I am in southern Michigan and they have been in my hives the last couple years, I think they probably came with packages I bought originally. I saw one beetle already this year in an overwintered hive, it was on the inside of the inner cover. My hives are in full sun most of the day and are strong colonies so they don't become a problem, the bees usually keep them corraled on the inner cover area. John


----------



## Katharina (May 2, 2011)

Is there a distribution map of SHB out there? We don't have them in Oregon yet, but I know they do exist in California. I just wonder how far they have made it up. I also wonder if they can live in the high dessert? We are at 4000 feet with very little rain or humidity. We don't even have ticks or fleas up here, while they have it only 1 hour away at 2000 ft elevation. What is the ideal climate for SHB?


----------



## Acebird (Mar 17, 2011)

I have never bought a package and have SHB. I am told my queens originated from Hawaii. Once you have them I think you will always have them, just my thoughts. Unless you can kill every last one in the hive (including eggs). The SHB can fly up to 5 miles away so if your neighbor within 5 miles has or had SHB you can get them too. I see the SHB in the north more of a nuisance, right now anyway, for northern beeks rather than a major threat to the hive, similar to ants.


----------



## sqkcrk (Dec 10, 2005)

Would you care to hear something from a commercial migratory beekeeper who sees few beetles in the hives in SC and in NY?


----------



## Scrapfe (Jul 25, 2008)

Katharina said:


> ... I also wonder if they can live in the high dessert? We are at 4000 feet with very little rain or humidity... What is the ideal climate for SHB?

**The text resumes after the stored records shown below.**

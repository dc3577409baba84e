//! Reads of a disk that go on until they have all that there is.
ghost use Rattle.std.specs.Prelude.{◌≡◌, ◌<◌, ◌≤◌, ◌+◌, ◌^◌, ℕ, length, slice_index_or, IfOk, IfErr};
ghost use Rattle.fleet_disk.specs.Image.{bytes_of};
ghost use Rattle.fleet_disk.specs.Rules.{IsRead};
ghost use Rattle.gate_log.specs.Device.{Tells};
ghost use Rattle.gate_log.specs.Faults.{IsEntryFault, IsReadFault};
ghost use Rattle.gate_log.specs.Lengths.{HavingBytes};
ghost use Rattle.gate_log.specs.Looks.{IsFilled, LooksFor, LooksOn};
ghost use Rattle.gate_log.specs.Slots.{part};

use crate::fault::LogFault;
use fleet_disk::{Disk, DiskFault, DiskFile};
use std::alloc::Global;

// One read.
fn read_some<D: Disk>(
    disk: &mut D,
    file: DiskFile,
    at: u64,
    buf: &mut [u8],
) -> Result<usize, DiskFault>
    ensures within { IfOk result (λ n. n ≤ length buf.old) }
    ensures bytes { Tells D.Disk disk.old result (λ n image. IsRead (bytes_of file image) at n buf.old buf.new) }
    ensures looks { LooksOn D.Disk disk.old disk.new result }
{
    disk.read(file, at, buf)
}

// How many bytes a file has.
pub fn length_of<D: Disk>(disk: &mut D, file: DiskFile) -> Result<u64, DiskFault>
    ensures bytes { Tells D.Disk disk.old result (λ n image. n ≡ length (bytes_of file image)) }
    ensures looks { LooksOn D.Disk disk.old disk.new result }
{
    disk.len(file)
}

// Reads until the buffer is full or the file ends, and says how many bytes that were.
fn fill<D: Disk>(disk: &mut D, file: DiskFile, at: u64, buf: &mut [u8]) -> Result<usize, DiskFault>
    requires { at + length buf.old < 2 ^ 64 }
    ensures within { IfOk result (λ n. n ≤ length buf.old) }
    ensures bytes { Tells D.Disk disk.old result (λ n image. IsFilled (bytes_of file image) at n buf.old buf.new) }
    ensures looks { LooksOn D.Disk disk.old disk.new result }
{
    let mut done = 0;
    while done < buf.len() {
        let count = read_some(disk, file, at + done as u64, &mut buf[done..])?;
        if count == 0 {
            break;
        }
        done += count;
    }
    Ok(done)
}

// Reads until the buffer is full or the file ends, and says how many bytes that were; they are bytes.
pub fn read_full<D: Disk>(
    disk: &mut D,
    file: DiskFile,
    at: u64,
    buf: &mut [u8],
) -> Result<usize, DiskFault>
    requires { at + length buf.old < 2 ^ 64 }
    ensures within { IfOk result (λ n. n ≤ length buf.old) }
    ensures octets { (i : ℕ) → slice_index_or buf.new i 0 < 256 }
    ensures bytes { Tells D.Disk disk.old result (λ n image. IsFilled (bytes_of file image) at n buf.old buf.new) }
    ensures looks { LooksOn D.Disk disk.old disk.new result }
{
    fill(disk, file, at, buf)
}

// The bytes of an entry that has these bounds in the journal. Where the journal ends before, which that of an honest
// disk doesn't, the entry is damaged.
pub fn read_part<D: Disk>(
    alloc: Global,
    disk: &mut D,
    entry: u64,
    start: u64,
    end: u64,
) -> Result<Vec<u8>, LogFault>
    requires { start < end }
    ensures bytes { HavingBytes D.Disk disk.old end (IfOk result (λ bytes. bytes.items ≡ part start end (D.reads
        disk.old).journal)) }
    ensures due { HavingBytes D.Disk disk.old end (IfErr result IsReadFault) }
    ensures no_other { IfErr result (IsEntryFault entry) }
    ensures looks { LooksFor D.Disk disk.old disk.new result }
{
    let size = (end - start) as usize;
    let mut bytes = vec![in alloc; 0u8; size]?;
    let count = read_full(disk, DiskFile::Journal, start, &mut bytes)?;
    if count < size {
        return Err(LogFault::Damaged(entry));
    }
    Ok(bytes)
}
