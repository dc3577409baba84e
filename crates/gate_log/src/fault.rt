//! Why a log refused a call.
ghost use Rattle.std.specs.Prelude.{◌≡◌};
ghost use Rattle.gate_log.specs.Faults.{number_of};
ghost use Rattle.gate_log.specs.declared.fault.LogFault.TheVariants.{DeviceFailed, OutOfMemory};

use fleet_disk::DiskFault;
use std::alloc::{AllocError, AllocFailed};
use thiserror::Error;

/// Why a log refused a call. Each has a number, which `number` gives.
#[derive(Clone, Copy, Debug, PartialEq, Eq, Error)]
pub enum LogFault {
    /// The device failed (31).
    #[error("device failed")]
    DeviceFailed,
    /// The device failed in an earlier call (32).
    #[error("failed before")]
    Failed,
    /// The length of this entry, or the gate behind it, breaks the format (33).
    #[error("entry {0} is damaged")]
    Damaged(u64),
    /// The first gate is missing or closed (34).
    #[error("no repository")]
    NoRepository,
    /// A file isn't empty (35).
    #[error("repository already there")]
    ThereAlready,
    /// The journal would pass 2^56 bytes (36).
    #[error("journal is full")]
    LogFull,
    /// A growth was refused (70).
    #[error("out of memory")]
    OutOfMemory,
}

impl LogFault {
    /// The number that a program prints.
    pub fn number(&self) -> u8
        ensures { result ≡ number_of self.now }
    {
        match self {
            LogFault::DeviceFailed => 31,
            LogFault::Failed => 32,
            LogFault::Damaged(_) => 33,
            LogFault::NoRepository => 34,
            LogFault::ThereAlready => 35,
            LogFault::LogFull => 36,
            LogFault::OutOfMemory => 70,
        }
    }
}

impl From<DiskFault> for LogFault {
    ghost from_gives = { λ _ e. e ≡ DeviceFailed };

    fn from(_: DiskFault) -> LogFault {
        LogFault::DeviceFailed
    }
}

impl From<AllocError> for LogFault {
    ghost from_gives = { λ _ e. e ≡ OutOfMemory };

    fn from(_: AllocError) -> LogFault {
        LogFault::OutOfMemory
    }
}

impl<T: Drop> From<AllocFailed<T>> for LogFault {
    ghost from_gives = { λ _ e. e ≡ OutOfMemory };

    fn from(_: AllocFailed<T>) -> LogFault {
        LogFault::OutOfMemory
    }
}
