//! The law that an opening finds one thing in each image.
ghost use Rattle.gate_log.specs.Verdicts.{OneList, NotDamaged, NotMissing, OneDamage, DamageNotMissing};

/// Of each image one verdict holds at most: it stands for one list of entries, or one entry of it is the first that
/// is damaged, or its first gate isn't open. So `open` answers Ok, Damaged and NoRepository only where its clauses
/// say so, and there always but for the device and memory.
pub fn one_verdict()
    ensures one_list { OneList }
    ensures not_damaged { NotDamaged }
    ensures not_missing { NotMissing }
    ensures one_damage { OneDamage }
    ensures damage_not_missing { DamageNotMissing }
{}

To answer your last question first, SHB are a scavenger insect and as such I suspect that they don't have an ideal climate, or environment. I suspect that SHB are a lot like the humble opossum, living anywhere, everywhere, and however they are able.

http://www.beesource.com/forums/showthread.php?236707-Northern-Expanding-Range-of-the-SHB
The above thread mentions SHBs in Michigan 8 years ago.

So this follow up link is likely inaccurate (imho) 

http://www.google.com/imgres?imgurl...51KT8TvMsKItwf9u_XvAg&ved=0CGAQ9QEwBw&dur=944


The SHB is supposed to be able to survive and breed in a supermarket trash dumpster by eating rotten fruit. It's native range is everywhere in Africa below the Sahara desert. This includes low lying jungle, high rain forest, deserts, high savanna, brush etc. So I 'spect' SHB can make a living in your neck of the woods. I just don't think that Mr & Mrs SHB will be living the life of Riley in your neighborhood.

SHBs live like buzzards do, by waiting on the sideline for 'sumpten' to die. (or get weak)
http://www.google.com/imgres?q=buzz...bnh=131&tbnw=198&ndsp=21&ved=1t:429,r:3,s:242

Lot of good information on bee pest here:
http://www.ent.uga.edu/bees/research.html#article21


----------



## Michael B (Feb 6, 2010)

I have not seen any in my overwintered colonies. I have seen a few in package 1st year hives but 10 or less beetles. Last August while cleaning out a swarm trap I had one fly and land on the table I was working on.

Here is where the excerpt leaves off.